Jurrjens grew up a few miles from the Marchena ball field in a neat, modest home with his dad, older brother, sister Charlotte and his mother, Esther.

"He always was playing with anything that resembled a ball," said Esther Jurrjens, laughing. "He was always throwing it."

Sille says Jurrjens used to get scolded for pelting his father's car with stones, but his accuracy was so good he never hit the windows.

His father remembers Jair playing pretend baseball in the backyard, narrating his own action as he stood at the plate, belted a hit, tore around the bases and slid into home.

"He loves the game," Carl Jurrjens said. "This was always his dream, and now he's living it."

Jurrjens was a standout in every youth league, earning the nickname "Campeon," or "Champion," in the Vruminga League. The name dropped away as he grew older, and most folks on Curaçao call him Jair, although some use "JJ."

By the time he reached the Senior League at 15, Jurrjens' future was bright and many believed he could make the majors. Like most kids on Curaçao, he had played all over the field, often second or third base.

"When he went to Senior League, he told the manager he wanted to pitch because he wanted to win," Sille said. "He always wanted to win."

The debut was a success, and soon Jurrjens was attracting attention beyond Curaçao.

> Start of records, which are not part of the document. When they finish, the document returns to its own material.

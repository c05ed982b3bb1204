//! What is read: the file of an image or of a source, and the whole input.

ghost use Rattle.std.specs.Prelude.{◌≡◌, ◌+◌, Ok, Err, IfOk, IfSome, IsTrue, OnOk};
ghost use Rattle.shared_terms.specs.Counts.{next_count};
ghost use Rattle.host_io.specs.Prefixes.{LosesPrefix};
ghost use Rattle.asm_emit.specs.Assembled.{image_of_source};
ghost use Rattle.image_format.specs.Reading.{image_of};
ghost use Rattle.pump_cli.specs.Early.{InputRoseBy, IsOfFile, LoadsRoseBy, ReadRoseBy};
ghost use Rattle.pump_cli.specs.Reading.{file_limit, image_or_refusal, image_read, input_limit, input_read, secret_held, secret_read, source_or_refusal, source_read, within_limit};
ghost use Rattle.pump_cli.specs.Calls.{counted_by, secret_calls};
ghost use Rattle.pump_line.specs.Told.{text_value};
ghost use Rattle.pump_cli.specs.declared.cut.Cut.{Cut};
ghost use Rattle.pump_cli.specs.declared.refusal.Refusal.{Refusal};

use crate::cut::Cut;
use crate::refusal::Refusal;
use asm_emit::assemble_source;
use asm_read::AsmEnd;
use host_io::{Files, LoadFile, ReadEnd, Source, read_to_end};
use image_format::{Image, ImageEnd, read_image};
use policy_choice::Choice;
use std::alloc::Global;

/// The most bytes of a file, and of the source of a workload.
pub(crate) const FILE_LIMIT: usize = 33_554_432;

/// The most bytes of the input.
pub(crate) const INPUT_LIMIT: usize = 16_777_216;

/// Why nothing is done.
#[derive(Clone, Copy)]
pub(crate) enum EarlyEnd {
    /// The task is refused.
    Refused(Refusal),
    /// The call is cut short.
    Cut(Cut),
}

/// The bytes of the file of this name.
#[tactic(auto, unfolding(crate::specs::Reading::file_limit))]
pub(crate) fn load_file<F: Files>(
    alloc: Global,
    files: &mut F,
    name: &str,
) -> Result<Vec<u8>, EarlyEnd>
    ensures taken { IfOk result (λ bytes. IfSome (F.held files.old name.now) (λ all.
        within_limit file_limit all ≡ Ok bytes.items)) }
    ensures refused { (refusal : Refusal) → result ≡ Err (EarlyEnd.Refused refusal) →
        IfSome (F.held files.old name.now) (λ all. within_limit file_limit all ≡ Err refusal) }
    ensures long { (refusal : Refusal) → result ≡ Err (EarlyEnd.Refused refusal)
        → refusal ≡ Refusal.TooLong }
    ensures faults { ReadRoseBy (F.read_faults files.old) (F.read_faults files.new)
        name.now result }
    ensures writes { F.write_faults files.new ≡ F.write_faults files.old }
    ensures calls { F.calls files.new ≡ next_count (F.calls files.old) }
    ensures held { F.held files.new ≡ F.held files.old }
{
    match files.load(alloc, name, FILE_LIMIT) {
        Ok(bytes) => Ok(bytes),
        Err(LoadFile::TooLong) => Err(EarlyEnd::Refused(Refusal::TooLong)),
        Err(LoadFile::Failed) => Err(EarlyEnd::Cut(Cut::ReadFailed)),
        Err(LoadFile::Memory) => Err(EarlyEnd::Cut(Cut::Memory)),
    }
}

/// The image of the file of this name.
pub(crate) fn load_image<F: Files>(
    alloc: Global,
    files: &mut F,
    name: &str,
) -> Result<Image, EarlyEnd>
    ensures taken { IfOk result (λ image. IfSome (F.held files.old name.now) (λ bytes.
        image_read bytes ≡ Ok image)) }
    ensures refused { (refusal : Refusal) → result ≡ Err (EarlyEnd.Refused refusal) →
        IfSome (F.held files.old name.now) (λ bytes. image_read bytes ≡ Err refusal) }
    ensures of_file { (refusal : Refusal) → result ≡ Err (EarlyEnd.Refused refusal) →
        IsOfFile refusal }
    ensures faults { ReadRoseBy (F.read_faults files.old) (F.read_faults files.new)
        name.now result }
    ensures writes { F.write_faults files.new ≡ F.write_faults files.old }
    ensures calls { F.calls files.new ≡ next_count (F.calls files.old) }
    ensures held { F.held files.new ≡ F.held files.old }
{
    match load_file(alloc, files, name) {
        Ok(bytes) => image_of(alloc, &bytes),
        Err(end) => Err(end),
    }
}

/// The secret bytes of a task with this choice: those of the file of this name, where secrecy is chosen and a file is named,
/// and none else.
#[tactic(auto, unfolding(crate::specs::Reading::secret_read, crate::specs::Reading::file_limit))]
pub(crate) fn load_secret<F: Files>(
    alloc: Global,
    files: &mut F,
    choice: Choice,
    name: Option<&str>,
) -> Result<Vec<u8>, EarlyEnd>
    ensures taken { IfOk result (λ secret. IfSome
        (secret_held choice (text_value name.entry) (F.held files.old)) (λ bytes.
        secret_read bytes ≡ Ok secret.items)) }
    ensures refused { (refusal : Refusal) → result ≡ Err (EarlyEnd.Refused refusal) → IfSome
        (secret_held choice (text_value name.entry) (F.held files.old)) (λ bytes.
        secret_read bytes ≡ Err refusal) }
    ensures long { (refusal : Refusal) → result ≡ Err (EarlyEnd.Refused refusal)
        → refusal ≡ Refusal.TooLong }
    ensures faults { LoadsRoseBy (secret_calls choice (text_value name.entry))
        (F.read_faults files.old) (F.read_faults files.new) result }
    ensures calls { F.calls files.new
        ≡ counted_by (secret_calls choice (text_value name.entry)) (F.calls files.old) }
    ensures writes { F.write_faults files.new ≡ F.write_faults files.old }
    ensures held { F.held files.new ≡ F.held files.old }
{
    match name {
        Some(name) if choice.secret => load_file(alloc, files, name),
        _ => Ok(Vec::new(alloc)),
    }
}

/// The image that the source in the file of this name is assembled to.
pub(crate) fn load_source<F: Files>(
    alloc: Global,
    files: &mut F,
    name: &str,
) -> Result<Image, EarlyEnd>
    ensures taken { IfOk result (λ image. IfSome (F.held files.old name.now) (λ bytes.
        source_read bytes ≡ Ok image)) }
    ensures refused { (refusal : Refusal) → result ≡ Err (EarlyEnd.Refused refusal) →
        IfSome (F.held files.old name.now) (λ bytes. source_read bytes ≡ Err refusal) }
    ensures of_file { (refusal : Refusal) → result ≡ Err (EarlyEnd.Refused refusal) →
        IsOfFile refusal }
    ensures faults { ReadRoseBy (F.read_faults files.old) (F.read_faults files.new)
        name.now result }
    ensures writes { F.write_faults files.new ≡ F.write_faults files.old }
    ensures calls { F.calls files.new ≡ next_count (F.calls files.old) }
    ensures held { F.held files.new ≡ F.held files.old }
{
    match load_file(alloc, files, name) {
        Ok(bytes) => image_of_source(alloc, &bytes),
        Err(end) => Err(end),
    }
}

/// The image that these bytes spell.
fn image_of(alloc: Global, bytes: &[u8]) -> Result<Image, EarlyEnd>
    ensures taken { IfOk result (λ image. image_or_refusal (image_of bytes.now) ≡ Ok image) }
    ensures refused { (refusal : Refusal) → result ≡ Err (EarlyEnd.Refused refusal) →
        image_or_refusal (image_of bytes.now) ≡ Err refusal }
    ensures of_file { (refusal : Refusal) → result ≡ Err (EarlyEnd.Refused refusal) →
        IsOfFile refusal }
    ensures cut { (cut : Cut) → result ≡ Err (EarlyEnd.Cut cut) → cut ≡ Cut.Memory }
{
    match read_image(alloc, bytes) {
        Ok(image) => Ok(image),
        Err(ImageEnd::Bad(error)) => Err(EarlyEnd::Refused(Refusal::BadImage(error))),
        Err(ImageEnd::Memory) => Err(EarlyEnd::Cut(Cut::Memory)),
    }
}

/// The image that a source of these bytes is assembled to.
pub(crate) fn image_of_source(alloc: Global, bytes: &[u8]) -> Result<Image, EarlyEnd>
    ensures taken { IfOk result (λ image.
        source_or_refusal (image_of_source bytes.now) ≡ Ok image) }
    ensures refused { (refusal : Refusal) → result ≡ Err (EarlyEnd.Refused refusal) →
        source_or_refusal (image_of_source bytes.now) ≡ Err refusal }
    ensures of_file { (refusal : Refusal) → result ≡ Err (EarlyEnd.Refused refusal) →
        IsOfFile refusal }
    ensures cut { (cut : Cut) → result ≡ Err (EarlyEnd.Cut cut) → cut ≡ Cut.Memory }
{
    match assemble_source(alloc, bytes) {
        Ok(image) => Ok(image),
        Err(AsmEnd::Bad(error)) => Err(EarlyEnd::Refused(Refusal::BadSource(error))),
        Err(AsmEnd::Memory) => Err(EarlyEnd::Cut(Cut::Memory)),
    }
}

/// The whole input.
#[tactic(auto, unfolding(crate::specs::Reading::input_limit))]
pub(crate) fn read_input<S: Source>(alloc: Global, input: &mut S) -> Result<Vec<u8>, EarlyEnd>
    ensures taken { IfOk result (λ fed. IfSome (S.left input.old) (λ all.
        input_read all ≡ Ok fed.items)) }
    ensures refused { (refusal : Refusal) → result ≡ Err (EarlyEnd.Refused refusal) →
        IfSome (S.left input.old) (λ all. input_read all ≡ Err refusal) }
    ensures long { (refusal : Refusal) → result ≡ Err (EarlyEnd.Refused refusal)
        → refusal ≡ Refusal.TooLong }
    ensures closed { OnOk result (IsTrue (S.closed input.new)) }
    ensures moved { LosesPrefix (S.left input.old) (S.left input.new) (input_limit + 4096) }
    ensures faults { InputRoseBy (S.faults input.old) (S.faults input.new) result }
{
    match read_to_end(alloc, input, INPUT_LIMIT) {
        Ok(fed) => Ok(fed),
        Err(ReadEnd::TooLong) => Err(EarlyEnd::Refused(Refusal::TooLong)),
        Err(ReadEnd::Failed) => Err(EarlyEnd::Cut(Cut::InputFailed)),
        Err(ReadEnd::Memory) => Err(EarlyEnd::Cut(Cut::Memory)),
    }
}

His Senior League team won a world championship in 2002, and a major league scout who watched the game told Carl Jurrjens his son should forget about everything but pitching.

The message found fertile ground. Jurrjens played only a couple of games in Curaçao's top league for older kids, then was drafted by the Detroit Tigers at 17.

By 2007 he had worked his way to the majors, pitching impressively in a handful of games after he was called up.

Over the winter he was traded to the Braves, the fulfillment of his father's dreams.

"When I was a kid, a friend gave me a bat signed by Hank Aaron, and I was a Braves fan forever," Carl Jurrjens recalled. "I was for them even before they left Milwaukee."

Jurrjens' strong start for the Braves is all the talk of Curaçao this year, stoking dreams for other young kids sweating out practice on dusty fields like the one behind Marchena Hardware.

"When we were kids, we all took names of major leaguers," recalled Ringemar Raap, 24, who played with Jurrjens in the Senior League. "Jair would say he was Chipper Jones. It's like a dream to see him playing with those guys now."